EAST LONDON April 7 1999 - SAPA


It was vital for the then SA Defence Force's Operation Katzen to spring Charles Sebe from Middledrift Prison in 1986, a former Border security police chief told the Truth and Reconciliation Commission in East London on Wednesday.

General Jan Griebenauw also told the TRC's amnesty committee the jailbreak involved the operation's most secret man - Civil Co-operation Bureau chief Joe Verster.

Griebenauw and ex-SADF Chief of Staff Intelligence, General Joffel van der Westhuizen, are seeking amnesty for crimes related to the failed Transkei-Ciskei amalgamation plan to form an anti-African National Congress power bloc in the Eastern Cape.

Griebenauw said Sebe was released in order to lead armed resistance movement Iliso Lomzi in an overthrow of his brother, Ciskei president Lennox Sebe.

He said he had been dead set against Operation Katzen from the start as it was "doomed to failure and I could not associate myself with the methods used".

He said police commissioner General Johann van der Merwe; security police chief General Johan Coetzee; and Brigadier Willem Schoon, head of the ANC-Pan Africanist Congress desk at security police headquarters in Pretoria, were kept fully informed about Operation Katzen from its inception in June 1986 until its scrapping six months later.

Griebenauw referred to Verster while explaining his personal role in both the springing of Sebe from Middledrift Prison and the abduction of Kwane Sebe from the Amatola Sun on September 24 and 25, 1986.

He said his regional security police command carried out the initial intelligence-gathering for both operations.

Griebenauw ordered Warrant Officers Hattingh and Fouche, who had since died, to photograph the prison and pinpoint and sketch Charles Sebe's cell.

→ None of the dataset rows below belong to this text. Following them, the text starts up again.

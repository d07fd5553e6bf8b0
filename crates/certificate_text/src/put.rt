//! One line is written.
ghost use Rattle.std.specs.Prelude.{◌+◌, [], ◌∷◌, IsTrue, ◌≡◌};
ghost use Rattle.plan_desk.specs.Written.{WritesText};
ghost use Rattle.certificate_text.specs.Text.{text_of_lines, node_line, ex_line};
ghost use Rattle.certificate_text.specs.Steps.{limit_form};

use certificate_lines::{CertificateLine, Side, write_line};
use certificate_tree::Node;
use lagrange_bound::ExPrice;
use plan_desk::{Desk, Failed};

pub fn put_line<D: Desk>(line: CertificateLine, desk: &mut D) -> Result<(), Failed>
    requires opened { IsTrue (D.shows desk.old).output.opened }
    ensures { WritesText (text_of_lines (line ∷ [])) (D.shows desk.old) (D.shows desk.new) result }
{
    write_line(&line, desk)
}

/// The line of the price of a limit.
pub fn limit_line(side: Side, c: u32, t: u32, v: u32) -> CertificateLine
    ensures { result ≡ limit_form side (c + 1) t v }
{
    let c = u64::from(c) + 1;
    let t = u64::from(t);
    let v = u64::from(v);
    match side {
        Side::Over => CertificateLine::Up { c, t, v },
        Side::Under => CertificateLine::Lo { c, t, v },
    }
}

/// The line of the price of an exclusion.
pub fn line_of_ex(x: ExPrice) -> CertificateLine
    ensures { result ≡ ex_line x }
{
    CertificateLine::Ex {
        e: u64::from(x.exclusion) + 1,
        t: u64::from(x.period),
        v: u64::from(x.value),
    }
}

/// The line of a node.
pub fn line_of_node(node: Node) -> CertificateLine
    ensures { result ≡ node_line node }
{
    match node {
        Node::Split { i, last } => CertificateLine::Split {
            i: u64::from(i) + 1,
            last: u64::from(last),
        },
        Node::Cost { list } => CertificateLine::Cost {
            list: u64::from(list),
        },
        Node::Point => CertificateLine::Point,
        Node::Band { c, t, side } => CertificateLine::Band {
            c: u64::from(c) + 1,
            t: u64::from(t),
            side,
        },
        Node::Excl { e } => CertificateLine::Excl {
            e: u64::from(e) + 1,
        },
        Node::Empty { i } => CertificateLine::Empty {
            i: u64::from(i) + 1,
        },
    }
}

He then spoke to "Joe Verster of Special Forces".

In the mid-1980's Verster was the SADF's most secret man and one of South Africa's most powerful and decorated military leaders.

He was the founder commander of 5 Reconnaissance Regiment and managing director of the murderous CCB from 1985.

Griebenauw had been told on the telephone that Special Forces "would be the operator and that someone from Special Forces would contact me".

"He arrived later and introduced himself and I knew this was the right person. As I said, I had spoken to Joe Verster before."

Griebenauw said that "after the liberation (of Charles Sebe), Joe Verster told me telephonically that the operation had been successful."

"Masked men" from Special Forces had also abducted Ciskei elite unit chief Kwane Sebe and his deputy Bullet Ngwanya, Griebenauw said.

He said his role had been to collect information on border posts and work out safe routes for the snatch team.

Security policemen took up positions on certain roads and "we used codes and flickering lights to safeguard the route to the border post and get the abducted people to safety".

Verster, who received a general's salary as CCB chief, authorised projects before submitting them for approval to the CCB co-ordinator and the chairman - who was also a member of the SADF general staff and head of Special Forces.

Griebenauw said Operation Katzen was never feasible because if Katzen's objective had been met, it would have increased conflict in the region and threatened "the co-operation between the security police and those in Ciskei and Transkei".

"It worried me and didn't sit right with me as a policeman trying to combat terror" that Katzen "was training certain terrorist organisations" like Iliso Lomzi over which there was "no proper control" and which had carried out "acts of terror", he said.

Griebenauw's co-applicant, Van der Westhuizen, testified early on Wednesday that he was unaware of the actual participants in the night raids.

He said SADF Special Forces, then under the command of General Joep Joubert, had carried out these "recommendations and not instructions" made by himself as part of Operation Katzen.

The amnesty hearing continues on Thursday.